United States Brussels, 12 March 2013
European Commission Fires Starting Gun for EU-US Trade Talks
The European Commission today agreed the draft mandate for the Transatlantic Trade and Investment Partnership Agreement with the United States, effectively firing the starting gun for what is hoped to be a relatively quick negotiation. The draft mandate will now be sent to the Council for the Member States to approve it before negotiations can start.
"I am very pleased that just one month after the announcement by the EU and the US to go for this ‘game-changing’ trade deal, the European Commission is ready with a proposed mandate for the future negotiations. We can now roll up our sleeves up and get down to the business of preparing negotiations," said European Trade Commissioner Karel De Gucht. "I hope that Member States will now quickly decide to open negotiations so work can begin with the United States before the summer break."
Last month, President of the United States of America Barack Obama, European Commission President José Manuel Barroso and European Council President Herman Van Rompuy announced they were each starting the internal procedures necessary to launch negotiations on the much awaited trade agreement (MEMO/13/95). The negotiations will be based on the work of the EU-US High Level Working Group on Jobs and Growth co-chaired by Commissioner De Gucht and United States Trade Representative Ron Kirk.
The EU and the US make up 40% of global economic output and their bilateral economic relationship is already the world’s largest. The aim of the high-standard Transatlantic Trade and Investment Partnership is to liberalise trade and investment between the two blocs.
According to a report released today by the European Commission (Reducing Transatlantic Barriers to Trade and Investment), the final agreement could see EU exports to the US rise by 28%, earning its exporters of goods and services an extra €187bn every year.
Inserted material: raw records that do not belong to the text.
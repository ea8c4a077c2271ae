ghost use Rattle.std.specs.Prelude.{◌≡◌, ◌↔◌};
ghost use Rattle.ira_node.specs.NodeState.{first_state};
ghost use Rattle.ira_replay.specs.LocalRun.{LeadsTo, IsFirstFault};

use crate::replay_fault::ReplayFault;
use ira_event::NodeLog;
use ira_node::{NodeState, StepFault};
use std::alloc::Allocator;

/// The state in which a log ends, where all its events have steps, or its first event without one.
pub fn replay<A: Allocator>(log: &NodeLog<A>) -> Result<NodeState, ReplayFault>
    ensures ok { (t : NodeState)
        → (result ≡ Ok t) ↔ LeadsTo log.now.nodes (first_state log.now.initiator) log.now.events t }
    ensures err { (f : ReplayFault) → (result ≡ Err f) ↔ IsFirstFault log.now f }
{
    let mut state = NodeState::first(log.initiator());
    let mut position = 0;
    for event in log.events() {
        position += 1;
        state
            .advance(log.nodes(), &event)
            .map_err(|fault| ReplayFault { position, fault })?;
    }
    Ok(state)
}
Consumers will benefit too: on average, the agreement will offer an extra €545 in disposable income each year for a family of four living in the EU.
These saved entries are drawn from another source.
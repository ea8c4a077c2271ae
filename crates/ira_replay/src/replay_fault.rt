use ira_node::StepFault;
use thiserror::Error;

/// The first event of a log that has no step.
#[derive(Clone, Copy, Debug, PartialEq, Eq, Error)]
#[error("event {position}: {fault}")]
pub struct ReplayFault {
    /// The event's number, counted from 1.
    pub position: u32,
    /// Why it has no step.
    pub fault: StepFault,
}
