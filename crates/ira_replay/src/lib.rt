//! The states of one node along its log.
#![tactic(auto)]

mod laws;
mod replay_fault;
mod replay_log;
mod states;

pub use laws::{
    local_runs_go_on_alike, one_list_of_states, states_are_reached, upgrades_keep_states,
};
pub use replay_fault::ReplayFault;
pub use replay_log::replay;
pub use states::States;
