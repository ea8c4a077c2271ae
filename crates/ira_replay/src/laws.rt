ghost use Rattle.ira_replay.specs.Laws.{OneListOfStates, StatesAreReached, LocalRunsGoOnAlike, UpgradesKeepStates};

/// A law: events have one list of states from a given first state.
pub fn one_list_of_states()
    ensures { OneListOfStates }
{}

/// A law: the state at a position is the one to which so many events lead, and there is one exactly
/// where they all have steps.
pub fn states_are_reached()
    ensures { StatesAreReached }
{}

/// A law: what a node does next is fixed by what it did, but for the ID that it draws and the load that it
/// receives. Two local runs of one ring size and one start kind that agree in their first events go on
/// with two draws, two receipts, two yields, or two sendings of one load.
pub fn local_runs_go_on_alike()
    ensures { LocalRunsGoOnAlike }
{}

/// A law: an upgraded log has the states of the old one.
pub fn upgrades_keep_states()
    ensures { UpgradesKeepStates }
{}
The European Union and the United States will have their eyes on more than just removing tariffs. Tariffs between them are already low (on average only 4%) so the main hurdles to trade lie 'behind the border' in regulations, non-tariff barriers and red tape. Estimates show that 80% of the overall potential wealth gains of a trade deal will come from cutting costs imposed by bureaucracy and regulations, as well as from liberalising trade in services and public procurement.
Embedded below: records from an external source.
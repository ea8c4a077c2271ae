ghost use Rattle.std.specs.Prelude.{◌≡◌, ◌≤◌, length};
ghost use Rattle.std.specs.Iterator.{YieldsFirst, item_count};
ghost use Rattle.ira_event.specs.Limits.{MAX_RECORDS};
ghost use Rattle.ira_node.specs.NodeState.{first_state};
ghost use Rattle.ira_replay.specs.StatesOfLog.{ArePlacedStates};
ghost use Rattle.ira_replay.specs.StatesLeft.{states_left};

use ira_event::{Event, Listed, RingSize};
use ira_node::NodeState;
use std::marker::Model;

/// The states of a node along a source of events, each with its position: the number of events before
/// it. They end with the state whose next event has no step, or with the source. Nothing is kept but
/// the next state.
#[derive(Drop)]
pub struct States<E: Iterator<Item = Event> + Listed> {
    nodes: RingSize,
    /// The position and the state that come next, unless they have ended.
    ahead: (u32, NodeState),
    has_ended: bool,
    source: E,
}

impl<E: Iterator<Item = Event> + Listed> Model for States<E> {
    ghost use Rattle.std.specs.Prelude.{List, ℕ, ◌≡◌, ◌+◌, ◌≤◌, length, false};
    ghost use Rattle.ira_event.specs.Limits.{MAX_RECORDS};
    ghost use Rattle.ira_node.specs.declared.node_state.NodeState.{NodeState};
    ghost use Rattle.ira_replay.specs.StatesLeft.{states_left, unless_ended};

    ghost Value = { List (ℕ × NodeState) };

    ghost view = { λ s. states_left s.nodes (unless_ended s.has_ended s.ahead.0 s.ahead.1) (E.left s.source) };

    ghost invariant = { λ s. s.has_ended ≡ false → s.ahead.0 + length (E.left s.source) ≤ MAX_RECORDS };
}

impl<E: Iterator<Item = Event> + Listed> States<E> {
    /// The states from the first one on, at position 0.
    pub fn new(nodes: RingSize, initiator: bool, source: E) -> States<E>
        requires { length (E.left source) ≤ MAX_RECORDS }
        ensures value { result ≡ states_left nodes (Some (0, first_state initiator)) (E.left source) }
        ensures list { ArePlacedStates nodes (first_state initiator) (E.left source) result }
    {
        States {
            nodes,
            ahead: (0, NodeState::first(initiator)),
            has_ended: false,
            source,
        }
    }
}

impl<E: Iterator<Item = Event> + Listed> Iterator for States<E> {
    type Item = (u32, NodeState);

    ghost next_gives = { YieldsFirst (λ s. s) };

    ghost remaining = { item_count (λ s. s) };

    #[inline(always)]
    fn next(&mut self) -> Option<(u32, NodeState)> {
        if self.has_ended {
            return None;
        }
        let now = self.ahead;
        match self.source.next() {
            None => self.has_ended = true,
            Some(event) => {
                self.ahead.0 += 1;
                self.has_ended = self.ahead.1.advance(self.nodes, &event).is_err();
            }
        }
        Some(now)
    }
}

impl<E: Iterator<Item = Event> + Listed> Listed for States<E> {
    ghost use Rattle.std.specs.Prelude.{refl};

    ghost left = { λ s. s };

    ghost may_go_on = { λ s. tt };

    ghost gives_first = { λ s r t h. h };

    ghost ends = { λ s. refl };
}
That's why the two trading giants will reinforce their regulatory cooperation, so to create similar regulations rather than have to try to adapt them at a later stage. The aim is to build a more integrated transatlantic marketplace, while respecting each side's right to regulate in a way that ensures the protection of health, safety and the environment at a level it considers appropriate. Both sides hope that by aligning their domestic standards, they will be able to set the benchmark for developing global rules. Such a move would be clearly beneficial to both EU and US exporters, but it would also strengthen the multilateral trading system.